• What is being asked
Using the records provided below, locate and copy each line that contains the word "kept".

• Provided information
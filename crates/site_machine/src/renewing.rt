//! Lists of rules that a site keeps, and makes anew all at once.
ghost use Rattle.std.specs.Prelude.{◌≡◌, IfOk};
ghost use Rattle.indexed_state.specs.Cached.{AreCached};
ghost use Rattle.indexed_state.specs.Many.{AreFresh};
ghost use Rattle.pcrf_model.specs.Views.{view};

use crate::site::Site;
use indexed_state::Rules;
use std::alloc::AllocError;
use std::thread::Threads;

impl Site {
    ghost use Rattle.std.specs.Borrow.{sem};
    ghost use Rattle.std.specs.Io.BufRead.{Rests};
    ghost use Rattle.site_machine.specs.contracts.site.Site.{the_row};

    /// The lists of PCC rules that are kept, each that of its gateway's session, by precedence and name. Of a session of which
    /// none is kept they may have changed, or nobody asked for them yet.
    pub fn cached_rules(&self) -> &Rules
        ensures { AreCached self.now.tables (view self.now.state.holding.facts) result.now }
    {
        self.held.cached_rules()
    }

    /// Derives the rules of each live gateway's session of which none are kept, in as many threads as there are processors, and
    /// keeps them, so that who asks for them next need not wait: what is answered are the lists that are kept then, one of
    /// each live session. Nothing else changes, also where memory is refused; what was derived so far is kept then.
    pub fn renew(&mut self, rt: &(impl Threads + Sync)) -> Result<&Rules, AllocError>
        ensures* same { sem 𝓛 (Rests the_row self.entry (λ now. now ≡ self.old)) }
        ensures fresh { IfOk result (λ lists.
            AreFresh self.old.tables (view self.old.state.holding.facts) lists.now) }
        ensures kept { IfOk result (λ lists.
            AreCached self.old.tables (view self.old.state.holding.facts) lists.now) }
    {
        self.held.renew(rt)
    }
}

---

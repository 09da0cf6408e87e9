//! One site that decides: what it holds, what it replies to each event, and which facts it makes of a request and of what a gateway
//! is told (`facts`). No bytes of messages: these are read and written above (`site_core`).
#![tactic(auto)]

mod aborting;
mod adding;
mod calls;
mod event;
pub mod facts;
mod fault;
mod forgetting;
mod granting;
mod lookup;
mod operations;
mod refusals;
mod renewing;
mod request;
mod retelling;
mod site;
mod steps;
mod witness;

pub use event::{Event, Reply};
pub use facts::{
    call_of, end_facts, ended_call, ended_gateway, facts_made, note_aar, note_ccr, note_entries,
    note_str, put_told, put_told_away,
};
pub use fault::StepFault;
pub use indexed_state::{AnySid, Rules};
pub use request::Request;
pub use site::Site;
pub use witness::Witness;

--

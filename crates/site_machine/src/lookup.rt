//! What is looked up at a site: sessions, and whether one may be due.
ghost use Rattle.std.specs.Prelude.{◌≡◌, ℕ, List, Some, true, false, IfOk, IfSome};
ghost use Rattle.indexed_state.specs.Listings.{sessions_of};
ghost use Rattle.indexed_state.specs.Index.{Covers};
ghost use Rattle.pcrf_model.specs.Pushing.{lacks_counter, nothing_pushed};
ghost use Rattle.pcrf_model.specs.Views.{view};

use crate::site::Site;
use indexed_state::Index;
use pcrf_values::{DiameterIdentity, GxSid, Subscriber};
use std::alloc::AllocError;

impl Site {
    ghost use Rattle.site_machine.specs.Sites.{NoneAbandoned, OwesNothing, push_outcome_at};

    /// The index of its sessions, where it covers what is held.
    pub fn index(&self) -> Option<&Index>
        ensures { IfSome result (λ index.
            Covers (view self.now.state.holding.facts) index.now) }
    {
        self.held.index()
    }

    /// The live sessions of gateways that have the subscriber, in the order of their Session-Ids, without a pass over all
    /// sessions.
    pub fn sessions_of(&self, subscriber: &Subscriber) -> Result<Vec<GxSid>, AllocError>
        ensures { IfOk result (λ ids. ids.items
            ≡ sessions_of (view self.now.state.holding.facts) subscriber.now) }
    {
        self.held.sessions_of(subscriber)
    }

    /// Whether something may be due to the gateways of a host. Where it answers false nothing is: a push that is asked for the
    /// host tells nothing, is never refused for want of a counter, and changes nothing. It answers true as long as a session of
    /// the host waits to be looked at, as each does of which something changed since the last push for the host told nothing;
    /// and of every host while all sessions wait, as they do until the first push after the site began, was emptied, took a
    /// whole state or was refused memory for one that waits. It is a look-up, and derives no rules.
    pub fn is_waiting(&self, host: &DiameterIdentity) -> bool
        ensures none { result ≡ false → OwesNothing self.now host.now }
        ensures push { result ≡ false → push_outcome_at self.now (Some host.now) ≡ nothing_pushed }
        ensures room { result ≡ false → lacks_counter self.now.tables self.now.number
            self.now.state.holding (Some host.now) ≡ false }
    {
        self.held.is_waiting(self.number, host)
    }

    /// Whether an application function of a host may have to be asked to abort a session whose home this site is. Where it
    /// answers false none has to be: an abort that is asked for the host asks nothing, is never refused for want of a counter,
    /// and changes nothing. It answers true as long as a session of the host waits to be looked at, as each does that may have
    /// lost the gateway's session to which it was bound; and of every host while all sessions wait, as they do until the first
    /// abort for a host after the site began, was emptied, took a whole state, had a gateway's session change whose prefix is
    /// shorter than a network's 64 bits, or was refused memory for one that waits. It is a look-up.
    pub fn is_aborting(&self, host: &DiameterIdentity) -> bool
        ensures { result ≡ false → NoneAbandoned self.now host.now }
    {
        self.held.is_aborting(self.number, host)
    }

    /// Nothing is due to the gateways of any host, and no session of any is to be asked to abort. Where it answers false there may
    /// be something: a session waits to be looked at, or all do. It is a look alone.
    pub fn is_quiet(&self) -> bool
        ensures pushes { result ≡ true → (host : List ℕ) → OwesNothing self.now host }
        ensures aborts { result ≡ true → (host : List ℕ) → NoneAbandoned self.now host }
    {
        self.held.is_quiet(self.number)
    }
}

• Result of the task
    /// The lists of PCC rules that are kept, each that of its gateway's session, by precedence and name. Of a session of which
    /// none is kept they may have changed, or nobody asked for them yet.
    /// Derives the rules of each live gateway's session of which none are kept, in as many threads as there are processors, and
    /// keeps them, so that who asks for them next need not wait: what is answered are the lists that are kept then, one of
    /// each live session. Nothing else changes, also where memory is refused; what was derived so far is kept then.
        ensures kept { IfOk result (λ lists.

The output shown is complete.